James Morrow published his first novel, The Wine of Violence, in 1981. His efforts since then include The Continent of Lies (1984), This Is the Way the World Ends (1986), Only Begotten Daughter (1990), City of Truth (1991), Bible Stories for Adults (1996), and The Cat’s Pajamas & Other Stories (2004). He is best known for the Godhead Trilogy — comprising Towing Jehovah (1994), Blameless in Abaddon (1996), and The Eternal Footman (1999) — as well as The Last Witchfinder (2007), a postmodern historical epic about the coming of the scientific worldview.

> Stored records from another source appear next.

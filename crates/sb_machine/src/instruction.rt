//! One instruction of a core.

ghost use Rattle.std.specs.Prelude.{◌≡◌, ◌≢◌, ◌<◌, length, Ok, IfErr, IfOk};
ghost use Rattle.sb_insn.specs.Grammar.{IsValid};
ghost use Rattle.sb_trace.specs.Faults.{IsFault};
ghost use Rattle.sb_trace.specs.State.{State};
ghost use Rattle.sb_machine.specs.Machine.{state_at};
ghost use Rattle.sb_machine.specs.StandsFor.{IsMachineOf};
ghost use Rattle.sb_machine.specs.Written.{FetchesNext, execution_on};

use crate::parts::Parts;
use sb_bus::BusStop;
use sb_core_bus::CoreBus;
use sb_exec::{Effect, execute};
use sb_insn::{Insn, Regs};

/// The instruction at RIP of a core.
///
/// # Errors
///
/// A fault: a byte that cannot be fetched, or bytes with which no instruction begins.
pub fn fetch_next(parts: &mut Parts, number: u8) -> Result<Insn, BusStop>
    requires there { number < length parts.old.cores }
    requires stands { (state : State) × IsMachineOf parts.old state }
    ensures fetched { FetchesNext parts.old number result }
    ensures valid { IfOk result IsValid }
    ensures fault { IfErr result IsFault }
    ensures same { parts.new ≡ parts.old }
{
    let state = parts.core(number).state;
    sb_core_bus::fetch_next(&mut parts.memory, state.eptp, state.cr3, state.regs.rip)
}

/// Executes an instruction, from the registers of a core, on what it sees.
///
/// The core keeps its registers until they are put. Each effect but `Next` leaves registers and memory as they were.
///
/// # Errors
///
/// A fault, at the first byte that may not be accessed. It leaves registers and memory as they were.
pub fn perform(
    parts: &mut Parts,
    number: u8,
    insn: &Insn,
    regs: &mut Regs,
) -> Result<Effect, BusStop>
    requires there { number < length parts.old.cores }
    requires stands { (state : State) × IsMachineOf parts.old state }
    requires valid { IsValid insn.now }
    requires regs { regs.old ≡ (state_at parts.old number).regs }
    ensures answer { result ≡ (execution_on parts.old number insn.now).answer }
    ensures registers { regs.new ≡ (execution_on parts.old number insn.now).registers }
    ensures memory { parts.new
        ≡ record parts.old { memory = (execution_on parts.old number insn.now).meaning.physical } }
    ensures fault { IfErr result IsFault }
    ensures left { result ≢ Ok Effect.Next → parts.new ≡ parts.old }
{
    let state = parts.core(number).state;
    execute(
        insn,
        regs,
        &mut CoreBus::new(&mut parts.memory, state.eptp, state.cr3),
    )
}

His latest books are The Philosopher’s Apprentice, about a young ethicist hired to implant a conscience in an adolescent amnesia victim, and The SFWA European Hall of Fame, an anthology he co-edited with his wife Kathryn.

SF Signal had the opportunity to talk to James about his recent work and genre fiction in translation…

SF Signal: Can you tell us about the genesis of The SFWA European Hall of Fame and how you came to co-edit it with your wife Kathryn?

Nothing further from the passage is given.